The answer must consist of every line in the records that contains the word "order".

_Excerpted records_
☆ ☆ ☆ ☆

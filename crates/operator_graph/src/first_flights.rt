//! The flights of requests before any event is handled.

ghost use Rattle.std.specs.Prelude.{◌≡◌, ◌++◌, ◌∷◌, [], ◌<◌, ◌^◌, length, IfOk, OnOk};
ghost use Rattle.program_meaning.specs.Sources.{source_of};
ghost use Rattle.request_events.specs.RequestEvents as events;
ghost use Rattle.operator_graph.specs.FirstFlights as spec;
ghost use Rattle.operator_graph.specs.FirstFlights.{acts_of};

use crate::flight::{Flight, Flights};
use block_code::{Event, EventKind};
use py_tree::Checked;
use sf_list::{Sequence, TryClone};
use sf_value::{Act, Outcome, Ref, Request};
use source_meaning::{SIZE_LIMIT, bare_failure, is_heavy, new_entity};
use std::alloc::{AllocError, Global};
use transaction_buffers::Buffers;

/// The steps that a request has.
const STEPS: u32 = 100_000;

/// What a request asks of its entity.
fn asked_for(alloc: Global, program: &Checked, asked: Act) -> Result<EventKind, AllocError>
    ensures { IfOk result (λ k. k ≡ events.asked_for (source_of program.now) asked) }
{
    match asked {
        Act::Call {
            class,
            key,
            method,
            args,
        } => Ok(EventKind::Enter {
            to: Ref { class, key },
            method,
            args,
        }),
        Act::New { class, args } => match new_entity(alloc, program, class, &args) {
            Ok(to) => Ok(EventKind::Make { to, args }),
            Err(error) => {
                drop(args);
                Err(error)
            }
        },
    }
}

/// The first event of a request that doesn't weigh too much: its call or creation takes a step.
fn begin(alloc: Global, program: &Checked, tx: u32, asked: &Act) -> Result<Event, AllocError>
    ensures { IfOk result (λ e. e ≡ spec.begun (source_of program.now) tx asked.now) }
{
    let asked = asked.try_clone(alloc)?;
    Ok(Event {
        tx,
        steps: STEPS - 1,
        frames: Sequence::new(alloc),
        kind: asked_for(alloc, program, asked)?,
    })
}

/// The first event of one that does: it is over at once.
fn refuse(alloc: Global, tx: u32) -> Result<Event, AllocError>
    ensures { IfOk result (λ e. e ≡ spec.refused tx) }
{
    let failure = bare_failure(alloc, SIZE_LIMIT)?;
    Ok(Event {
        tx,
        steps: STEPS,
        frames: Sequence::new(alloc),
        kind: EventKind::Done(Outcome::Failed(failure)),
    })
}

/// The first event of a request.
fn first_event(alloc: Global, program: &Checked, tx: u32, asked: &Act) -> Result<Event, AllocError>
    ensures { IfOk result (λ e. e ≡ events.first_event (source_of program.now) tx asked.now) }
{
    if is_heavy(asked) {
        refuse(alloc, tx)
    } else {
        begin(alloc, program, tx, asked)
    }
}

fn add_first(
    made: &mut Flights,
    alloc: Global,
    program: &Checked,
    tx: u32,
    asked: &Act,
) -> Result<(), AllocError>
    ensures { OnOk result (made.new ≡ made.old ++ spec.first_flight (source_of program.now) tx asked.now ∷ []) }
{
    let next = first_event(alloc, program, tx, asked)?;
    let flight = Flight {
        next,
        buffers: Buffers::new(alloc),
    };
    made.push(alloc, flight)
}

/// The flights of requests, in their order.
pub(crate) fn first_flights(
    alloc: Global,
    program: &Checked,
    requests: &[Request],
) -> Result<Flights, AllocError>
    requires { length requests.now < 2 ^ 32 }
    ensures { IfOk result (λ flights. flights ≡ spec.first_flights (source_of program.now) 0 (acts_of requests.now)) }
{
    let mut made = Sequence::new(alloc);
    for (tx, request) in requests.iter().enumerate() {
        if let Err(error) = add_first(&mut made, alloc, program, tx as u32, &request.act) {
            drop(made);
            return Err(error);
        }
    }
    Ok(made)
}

☆ ☆ ☆ ☆

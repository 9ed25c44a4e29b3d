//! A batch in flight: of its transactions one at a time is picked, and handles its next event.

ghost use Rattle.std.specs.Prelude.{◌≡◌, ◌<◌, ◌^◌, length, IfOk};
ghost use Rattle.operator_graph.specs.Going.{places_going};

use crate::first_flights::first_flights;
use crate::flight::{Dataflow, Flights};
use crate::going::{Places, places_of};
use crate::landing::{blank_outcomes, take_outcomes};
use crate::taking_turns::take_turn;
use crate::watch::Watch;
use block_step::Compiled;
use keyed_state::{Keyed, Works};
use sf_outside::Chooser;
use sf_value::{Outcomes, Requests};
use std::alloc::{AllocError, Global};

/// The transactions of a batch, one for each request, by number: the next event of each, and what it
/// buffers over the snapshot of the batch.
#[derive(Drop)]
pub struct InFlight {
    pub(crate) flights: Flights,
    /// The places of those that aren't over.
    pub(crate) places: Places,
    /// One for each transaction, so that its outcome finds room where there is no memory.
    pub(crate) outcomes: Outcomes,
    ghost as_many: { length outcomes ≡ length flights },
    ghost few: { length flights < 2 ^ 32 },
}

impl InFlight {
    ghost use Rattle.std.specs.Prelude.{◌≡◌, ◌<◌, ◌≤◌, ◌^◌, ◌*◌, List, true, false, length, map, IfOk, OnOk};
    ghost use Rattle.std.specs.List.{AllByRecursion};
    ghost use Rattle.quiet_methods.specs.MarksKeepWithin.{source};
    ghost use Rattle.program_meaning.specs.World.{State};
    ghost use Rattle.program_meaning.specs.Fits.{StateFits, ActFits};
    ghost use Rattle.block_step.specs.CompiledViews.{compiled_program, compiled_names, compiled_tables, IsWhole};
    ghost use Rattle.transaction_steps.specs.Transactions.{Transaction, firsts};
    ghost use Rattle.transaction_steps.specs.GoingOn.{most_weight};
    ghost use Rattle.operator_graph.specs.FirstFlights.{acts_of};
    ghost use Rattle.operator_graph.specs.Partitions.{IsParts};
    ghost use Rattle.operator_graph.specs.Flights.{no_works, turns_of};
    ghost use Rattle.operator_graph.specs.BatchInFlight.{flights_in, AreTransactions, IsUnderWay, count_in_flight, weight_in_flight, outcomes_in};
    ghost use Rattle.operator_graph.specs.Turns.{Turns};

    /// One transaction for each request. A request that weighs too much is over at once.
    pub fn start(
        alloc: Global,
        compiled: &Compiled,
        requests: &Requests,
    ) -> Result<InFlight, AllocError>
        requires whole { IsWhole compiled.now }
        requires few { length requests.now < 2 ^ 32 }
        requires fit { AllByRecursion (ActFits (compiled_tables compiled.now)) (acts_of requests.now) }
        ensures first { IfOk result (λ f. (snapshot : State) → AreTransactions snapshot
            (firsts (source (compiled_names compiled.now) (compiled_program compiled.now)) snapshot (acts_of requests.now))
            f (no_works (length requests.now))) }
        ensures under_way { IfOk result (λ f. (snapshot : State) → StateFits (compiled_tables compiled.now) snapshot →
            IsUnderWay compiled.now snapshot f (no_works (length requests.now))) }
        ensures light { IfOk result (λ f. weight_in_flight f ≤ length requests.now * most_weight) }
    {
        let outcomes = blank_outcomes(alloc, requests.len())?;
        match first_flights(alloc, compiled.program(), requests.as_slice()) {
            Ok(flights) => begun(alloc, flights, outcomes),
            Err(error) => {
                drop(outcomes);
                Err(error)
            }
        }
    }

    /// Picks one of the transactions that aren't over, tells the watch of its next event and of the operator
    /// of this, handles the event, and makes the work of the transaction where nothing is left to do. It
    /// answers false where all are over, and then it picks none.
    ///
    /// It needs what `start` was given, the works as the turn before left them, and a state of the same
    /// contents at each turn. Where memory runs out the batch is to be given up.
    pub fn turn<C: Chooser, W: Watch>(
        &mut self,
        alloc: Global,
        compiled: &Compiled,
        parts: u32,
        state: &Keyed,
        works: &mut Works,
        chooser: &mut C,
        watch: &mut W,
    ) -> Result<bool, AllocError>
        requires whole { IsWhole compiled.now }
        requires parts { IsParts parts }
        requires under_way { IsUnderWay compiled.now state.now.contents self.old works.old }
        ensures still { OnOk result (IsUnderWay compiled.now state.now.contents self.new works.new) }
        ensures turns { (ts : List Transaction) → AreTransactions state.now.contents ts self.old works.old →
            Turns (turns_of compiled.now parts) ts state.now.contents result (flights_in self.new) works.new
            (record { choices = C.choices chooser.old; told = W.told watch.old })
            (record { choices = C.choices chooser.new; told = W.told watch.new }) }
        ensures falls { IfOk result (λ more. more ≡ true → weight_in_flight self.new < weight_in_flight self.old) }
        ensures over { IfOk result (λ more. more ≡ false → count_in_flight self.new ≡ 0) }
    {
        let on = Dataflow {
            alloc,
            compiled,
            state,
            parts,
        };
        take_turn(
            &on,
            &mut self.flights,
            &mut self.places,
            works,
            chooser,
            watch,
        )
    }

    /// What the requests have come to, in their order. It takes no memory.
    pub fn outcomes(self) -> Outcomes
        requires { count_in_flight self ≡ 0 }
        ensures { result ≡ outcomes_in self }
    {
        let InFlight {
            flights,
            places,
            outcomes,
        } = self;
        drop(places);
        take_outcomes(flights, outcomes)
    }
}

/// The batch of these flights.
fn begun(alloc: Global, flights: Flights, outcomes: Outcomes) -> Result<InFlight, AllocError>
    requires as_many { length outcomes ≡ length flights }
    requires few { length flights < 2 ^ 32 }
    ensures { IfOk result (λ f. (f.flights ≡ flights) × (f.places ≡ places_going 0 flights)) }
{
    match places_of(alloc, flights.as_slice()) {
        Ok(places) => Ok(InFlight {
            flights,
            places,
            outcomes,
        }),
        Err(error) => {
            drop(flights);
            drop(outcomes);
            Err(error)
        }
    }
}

☆ ☆ ☆ ☆

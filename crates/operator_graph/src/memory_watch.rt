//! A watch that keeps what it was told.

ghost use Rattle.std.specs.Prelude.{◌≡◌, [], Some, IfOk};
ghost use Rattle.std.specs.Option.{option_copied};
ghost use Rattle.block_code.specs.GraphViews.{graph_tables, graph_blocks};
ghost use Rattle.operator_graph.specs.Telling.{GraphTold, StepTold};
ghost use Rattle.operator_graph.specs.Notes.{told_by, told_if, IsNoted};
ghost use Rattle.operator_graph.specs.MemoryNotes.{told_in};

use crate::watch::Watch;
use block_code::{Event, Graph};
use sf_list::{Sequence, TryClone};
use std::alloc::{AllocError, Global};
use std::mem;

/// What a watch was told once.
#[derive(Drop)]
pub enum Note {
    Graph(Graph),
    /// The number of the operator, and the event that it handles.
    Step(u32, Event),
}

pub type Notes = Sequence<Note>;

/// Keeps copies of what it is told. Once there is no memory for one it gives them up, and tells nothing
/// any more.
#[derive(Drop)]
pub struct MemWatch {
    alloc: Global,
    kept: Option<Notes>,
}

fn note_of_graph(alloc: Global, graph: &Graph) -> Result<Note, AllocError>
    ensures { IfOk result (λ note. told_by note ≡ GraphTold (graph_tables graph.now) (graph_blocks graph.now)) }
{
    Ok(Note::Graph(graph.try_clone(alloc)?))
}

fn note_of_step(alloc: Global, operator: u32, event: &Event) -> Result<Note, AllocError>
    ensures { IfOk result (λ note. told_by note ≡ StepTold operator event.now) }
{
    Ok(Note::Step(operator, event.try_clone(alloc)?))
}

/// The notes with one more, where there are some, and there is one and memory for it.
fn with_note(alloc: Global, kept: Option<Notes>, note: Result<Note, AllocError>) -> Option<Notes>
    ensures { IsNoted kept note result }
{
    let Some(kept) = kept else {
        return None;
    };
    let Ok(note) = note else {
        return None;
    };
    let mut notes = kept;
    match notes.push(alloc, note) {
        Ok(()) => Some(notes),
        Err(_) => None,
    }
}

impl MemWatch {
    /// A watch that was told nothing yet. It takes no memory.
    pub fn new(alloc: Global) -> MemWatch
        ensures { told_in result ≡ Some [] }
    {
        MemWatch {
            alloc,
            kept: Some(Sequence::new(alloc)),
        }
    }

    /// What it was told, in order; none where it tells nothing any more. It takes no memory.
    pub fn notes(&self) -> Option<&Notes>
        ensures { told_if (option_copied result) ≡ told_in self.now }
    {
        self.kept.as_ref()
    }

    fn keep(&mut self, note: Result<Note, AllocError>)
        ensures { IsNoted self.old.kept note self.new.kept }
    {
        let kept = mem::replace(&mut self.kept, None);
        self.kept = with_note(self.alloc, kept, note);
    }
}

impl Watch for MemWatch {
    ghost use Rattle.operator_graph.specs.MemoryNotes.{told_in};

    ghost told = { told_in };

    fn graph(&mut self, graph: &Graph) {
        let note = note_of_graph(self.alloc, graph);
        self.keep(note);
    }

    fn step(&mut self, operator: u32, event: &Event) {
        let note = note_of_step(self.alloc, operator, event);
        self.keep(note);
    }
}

☆ ☆ ☆ ☆

_Answer for the task_
/// The flights of requests, in their order.
    /// What the requests have come to, in their order. It takes no memory.
    /// What it was told, in order; none where it tells nothing any more. It takes no memory.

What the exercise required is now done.